Lett Appl Microbiol. 2015 Apr;60(4):352-8. doi: 10.1111/lam.12378. Epub 2015 Jan 14.
Newly synthesized erythromycin derivatives were screened for synergy with oxacillin and other β-lactam antibiotics against methicillin-resistant Staphylococcus aureus (MRSA). MRSA ATCC43300 and some clinically isolated MRSA were used. Several erythromycin derivatives were found to possess high synergism with oxacillin against MRSA. The newly synthesized erythromycin derivatives were also tested for their inhibitory effects against MRSA, either separately or in combination with oxacillin, using serial broth dilution, disc diffusion, Etest strips, growth curves and time-kill curves. A representative derivative, SIPI-8294, could potentiate almost all β-lactam antibiotics tested against the model strain MRSA ATCC43300 from 4 to 128 times and had synergism with oxacillin against 12 of 16 clinical isolates of MRSA under one-fourth of the minimum inhibitory concentration (MIC) of the compounds.
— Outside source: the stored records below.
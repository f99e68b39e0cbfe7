//! Requests to delete more segments than go at once.
ghost use Rattle.std.specs.Prelude.{◌≡◌};
ghost use Rattle.media_rows.specs.Formats.{status_number};
ghost use Rattle.media_rows.specs.Requests.{asked_row};

use disk_trait::{Duplicate, Listed, Memory};
use std::alloc::Global;
use time_range::TimeRange;

/// How far a delete request has come.
#[derive(Clone, Copy, Debug, PartialEq, Eq)]
pub enum DeleteStatus {
    Created,
    Started,
    Done,
}

impl DeleteStatus {
    /// The number of the status in the file: 1 to 3.
    pub fn number(self) -> u8
        ensures { result ≡ status_number self }
    {
        match self {
            DeleteStatus::Created => 1,
            DeleteStatus::Started => 2,
            DeleteStatus::Done => 3,
        }
    }
}

/// What a delete request asks for: that the segments of a flow go that the range covers, and with the last of
/// them the flow where `delete_flow` says so.
#[derive(Clone, Copy, Debug, PartialEq, Eq)]
pub struct Deletion {
    pub flow: u128,
    pub range: TimeRange,
    pub delete_flow: bool,
}

impl Deletion {
    /// The request of this serial for it, made at this moment.
    pub fn row(&self, serial: u64, moment: u64) -> DeleteRow
        ensures { result ≡ asked_row self.now serial moment }
    {
        DeleteRow {
            serial,
            flow: self.flow,
            range: self.range,
            delete_flow: self.delete_flow,
            status: DeleteStatus::Created,
            created: moment,
            updated: moment,
        }
    }
}

/// A delete request: the segments of a flow that the range covers, and then the flow where
/// `delete_flow` says so.
#[derive(Clone, Copy, Debug, PartialEq, Eq)]
pub struct DeleteRow {
    pub serial: u64,
    pub flow: u128,
    pub range: TimeRange,
    pub delete_flow: bool,
    pub status: DeleteStatus,
    pub created: u64,
    pub updated: u64,
}

pub type DeleteList = Listed<DeleteRow>;

impl Duplicate for DeleteRow {
    fn duplicate(&self, _alloc: Global) -> Result<Self, Memory> {
        Ok(*self)
    }
}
This is the first report on the synergistic activity of these new erythromycin derivatives. These findings provide a new choice for the treatment of infection caused by MRSA and lead us to further study the synergistic mechanism.
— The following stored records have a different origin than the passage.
//! Moments in text.
ghost use Rattle.std.specs.Prelude.{◌≡◌, ◌≤◌, ◌<◌, pos, IfOk};
ghost use Rattle.jiff.specs.Words.{epoch_day, IsBetween};
ghost use Rattle.media_rows.specs.Moments.{last_moment, civil_date, clock_text, date_text, moment_text, two_digits};

use disk_trait::{Memory, Text};
use jiff::ToSpan;
use jiff::civil::{Date, date};
use std::alloc::Global;

/// Seconds of a day.
const DAY: u64 = 86_400;

/// The last day, 9999-12-31, by the days since 1970-01-01.
const LAST_DAY: i32 = 2_932_896;

/// The text `YYYY-MM-DDTHH:MM:SSZ` of a moment, in whole seconds since 1970-01-01T00:00:00Z.
pub fn moment_text(alloc: Global, moment: u64) -> Result<Text, Memory>
    requires { moment ≤ last_moment }
    ensures { IfOk result (λ text. text ≡ moment_text moment) }
{
    let mut text = day_text(alloc, (moment / DAY) as i32)?;
    text.append(&clock_bytes((moment % DAY) as u32))?;
    Ok(text)
}

/// The text of the civil date so many days after 1970-01-01.
fn day_text(alloc: Global, day: i32) -> Result<Text, Memory>
    requires { IsBetween (pos 0) LAST_DAY day }
    ensures { IfOk result (λ text. (n : _) → day ≡ pos n → text ≡ date_text (civil_date n)) }
{
    let printed = date_of(day).to_string(alloc)?;
    Text::from_bytes(alloc, printed.as_bytes())
}

/// The civil date so many days after 1970-01-01.
fn date_of(day: i32) -> Date
    requires { IsBetween (pos 0) LAST_DAY day }
    ensures { epoch_day result ≡ day }
{
    let start = date(1970, 1, 1);
    match start.checked_add((day as i64).days()) {
        Ok(later) => later,
        Err(_) => start,
    }
}

/// The time of a day, behind its date.
#[tactic(auto, unfolding(crate::specs::Moments::clock_text))]
fn clock_bytes(seconds: u32) -> [u8; 10]
    requires { seconds < DAY }
    ensures { result ≡ clock_text seconds }
{
    let [h1, h2] = two_digits(seconds / 3600);
    let [m1, m2] = two_digits(seconds / 60 % 60);
    let [s1, s2] = two_digits(seconds % 60);
    [b'T', h1, h2, b':', m1, m2, b':', s1, s2, b'Z']
}

/// A number below 100 in two digits.
fn two_digits(number: u32) -> [u8; 2]
    requires { number < 100 }
    ensures { result ≡ two_digits number }
{
    [b'0' + (number / 10) as u8, b'0' + (number % 10) as u8]
}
This study is the first report on the synergy of anti-MRSA between new erythromycin derivatives and β-lactam antibiotics in vitro. The results show that although the erythromycin derivatives have poor anti-MRSA effects alone, they possess high synergism with oxacillin against MRSA ATCC43300 and clinically isolated MRSA. These novel compounds can significantly reduce the dosage of β-lactam antibiotics against MRSA, while this synergistic effect is different from the combination of β-lactams and β-lactamase inhibitors. The research may provide a new choice for the treatment of infection caused by MRSA and be useful to the research and development of new combination of medicines.
对新合成的红霉素衍生物与苯唑西林及其他β-内酰胺类抗生素联合抗耐甲氧西林金黄色葡萄球菌(MRSA)的协同作用进行了筛选。使用了MRSA ATCC43300和一些临床分离的MRSA菌株。发现几种红霉素衍生物与苯唑西林联合对MRSA具有高度协同作用。还采用肉汤稀释法、纸片扩散法、Etest试纸条法、生长曲线法和时间杀菌曲线法,分别或联合苯唑西林检测了新合成的红霉素衍生物对MRSA的抑制作用。一种代表性衍生物SIPI-8294可使针对模型菌株MRSA ATCC43300检测的几乎所有β-内酰胺类抗生素的活性增强4至128倍,并且在化合物最低抑菌浓度(MIC)的四分之一浓度下,与苯唑西林联合对16株临床分离的MRSA中的12株具有协同作用。这是关于这些新型红霉素衍生物协同活性的首次报道。这些发现为治疗由MRSA引起的感染提供了新的选择,并促使我们进一步研究其协同机制。
本研究是关于新型红霉素衍生物与β-内酰胺类抗生素体外联合抗MRSA协同作用的首次报道。结果表明,尽管红霉素衍生物单独抗MRSA效果不佳,但它们与苯唑西林联合对MRSA ATCC43300和临床分离的MRSA具有高度协同作用。这些新型化合物可显著降低β-内酰胺类抗生素针对MRSA的用药剂量,而这种协同作用不同于β-内酰胺类与β-内酰胺酶抑制剂的联合。该研究可能为治疗由MRSA引起的感染提供新的选择,并有助于新型联合药物的研发。